Walt Whitman

Book XXXV. Good-Bye My Fancy: To the Sun-Set Breeze

Ah, whispering, something again, unseen,
Where late this heated day thou enterest at my window, door,
Thou, laving, tempering all, cool-freshing, gently vitalizing
Me, old, alone, sick, weak-down, melted-worn with sweat;
Thou, nestling, folding close and firm yet soft, companion better than
talk, book, art,
(Thou hast, O Nature! elements! utterance to my heart beyond the
rest—and this is of them,)
So sweet thy primitive taste to breathe within—thy soothing fingers my
face and hands,
Thou, messenger—magical strange bringer to body and spirit of me,
(Distances balk’d—occult medicines penetrating me from head to foot,)

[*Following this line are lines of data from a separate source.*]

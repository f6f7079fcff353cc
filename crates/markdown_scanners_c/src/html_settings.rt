//! What C callers ask of the HTML of a page.
ghost use Rattle.std.specs.Prelude.{◌≡◌, ◌==◌, ◌||◌, true, IfOk, map};
ghost use Rattle.std.specs.List.{list_all};
ghost use Rattle.std.specs.Str.{is_utf8};
ghost use Rattle.markdown_html.specs.SafeSetting.{IsSafeSetting};
ghost use Rattle.markdown_html.specs.Settings.{seen_setting};
ghost use Rattle.markdown_scanners_c.specs.HtmlSettings.{allowed_schemes, is_known, setting_of};
ghost use Rattle.markdown_scanners_c.specs.KnownLabels.{AreTexts};

use crate::known_labels::View;
use markdown_html::schemes::AllowedSchemes;
use markdown_html::setting::{AllowedAddresses, HtmlSetting, RawHtml};
use std::alloc::{AllocError, Global};

/// Raw HTML is written as text.
const ESCAPED: u32 = 0;
/// Raw HTML is left out.
const OMITTED: u32 = 1;
/// Links say `rel="nofollow noopener"`.
const NOFOLLOW: u32 = 0;
/// Links have no `rel`.
const NO_REL: u32 = 1;

/// `struct mds_html_setting` of C. All of it is 0 by default.
#[repr(C)]
#[derive(Clone, Copy)]
pub struct AskedHtml<'a> {
    /// The schemes that addresses may have; none for the usual ones.
    pub schemes: &'a [View<'a>],
    /// What is written of raw HTML.
    pub raw_html: u32,
    /// What links say of where they lead.
    pub rel: u32,
    /// 1 where images are written as links, and else 0.
    pub images_as_links: u32,
    /// 1 where a page that is not UTF-8 is refused, and else 0.
    pub strict: u32,
    /// What has no meaning yet.
    pub reserved: [u32; 8],
}

/// Whether each number has a meaning, and what is reserved is 0.
pub(crate) fn is_known(asked: &AskedHtml<'_>) -> bool
    ensures { result ≡ is_known asked.now }
{
    is_either(asked.raw_html, ESCAPED, OMITTED)
        && is_either(asked.rel, NOFOLLOW, NO_REL)
        && is_either(asked.images_as_links, 0, 1)
        && is_either(asked.strict, 0, 1)
        && are_zero(&asked.reserved)
}

// Whether it is one of two numbers.
fn is_either(number: u32, one: u32, other: u32) -> bool
    ensures { result ≡ (number == one || number == other) }
{
    number == one || number == other
}

fn are_zero(numbers: &[u32]) -> bool
    ensures { result ≡ list_all (λ number. number == 0) numbers.now }
{
    numbers.iter().all(|number| *number == 0)
}

/// What HTML is then written with, where these are the schemes that addresses may have.
#[tactic(auto, using(crate::proofs::HtmlSettings::asked_is_safe))]
pub(crate) fn setting_of<'a>(
    asked: &AskedHtml<'_>,
    schemes: &'a [&'a str],
) -> HtmlSetting<AllowedSchemes<'a>>
    requires { map (λ scheme. scheme.now) schemes.now ≡ allowed_schemes asked.now.schemes.now }
    ensures setting { seen_setting ⟦<AllowedSchemes<'a> as AllowedAddresses>⟧.allows result
        ≡ setting_of asked.now }
    ensures safe { IsSafeSetting (allowed_schemes asked.now.schemes.now)
        (seen_setting ⟦<AllowedSchemes<'a> as AllowedAddresses>⟧.allows result) }
{
    let raw = if asked.raw_html == OMITTED {
        RawHtml::LeftOut
    } else {
        RawHtml::Escaped
    };
    HtmlSetting {
        raw,
        addresses: AllowedSchemes { schemes },
        images_as_links: asked.images_as_links == 1,
        rel: asked.rel == NOFOLLOW,
    }
}

/// The schemes that addresses may have: those of the caller, or the usual ones where there are none.
pub(crate) fn allowed_schemes<'a>(
    alloc: Global,
    schemes: &[View<'a>],
) -> Result<Vec<&'a str>, AllocError>
    requires { AreTexts schemes.now }
    ensures { IfOk result (λ texts. map (λ text. text.now) texts.items
        ≡ allowed_schemes schemes.now) }
{
    if schemes.is_empty() {
        return Ok(vec![in alloc; "http", "https", "mailto", "tel"]?);
    }
    let mut texts = Vec::new(alloc);
    for scheme in schemes {
        texts.push(scheme_text(scheme))?;
    }
    Ok(texts)
}

// The text of a scheme.
fn scheme_text<'a>(scheme: &View<'a>) -> &'a str
    requires { is_utf8 scheme.now.text.now ≡ true }
    ensures { result.now ≡ scheme.now.text.now }
{
    match str::from_utf8(scheme.text) {
        Ok(text) => text,
        Err(_) => "",
    }
}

I feel the sky, the prairies vast—I feel the mighty northern lakes,
I feel the ocean and the forest—somehow I feel the globe itself swift–
swimming in space;
Thou blown from lips so loved, now gone—haply from endless store,
God-sent,
(For thou art spiritual, Godly, most of all known to my sense,)
Minister to speak to me, here and now, what word has never told, and
cannot tell,
Art thou not universal concrete’s distillation? Law’s, all Astronomy’s last
refinement?
Hast thou no soul? Can I not know, identify thee?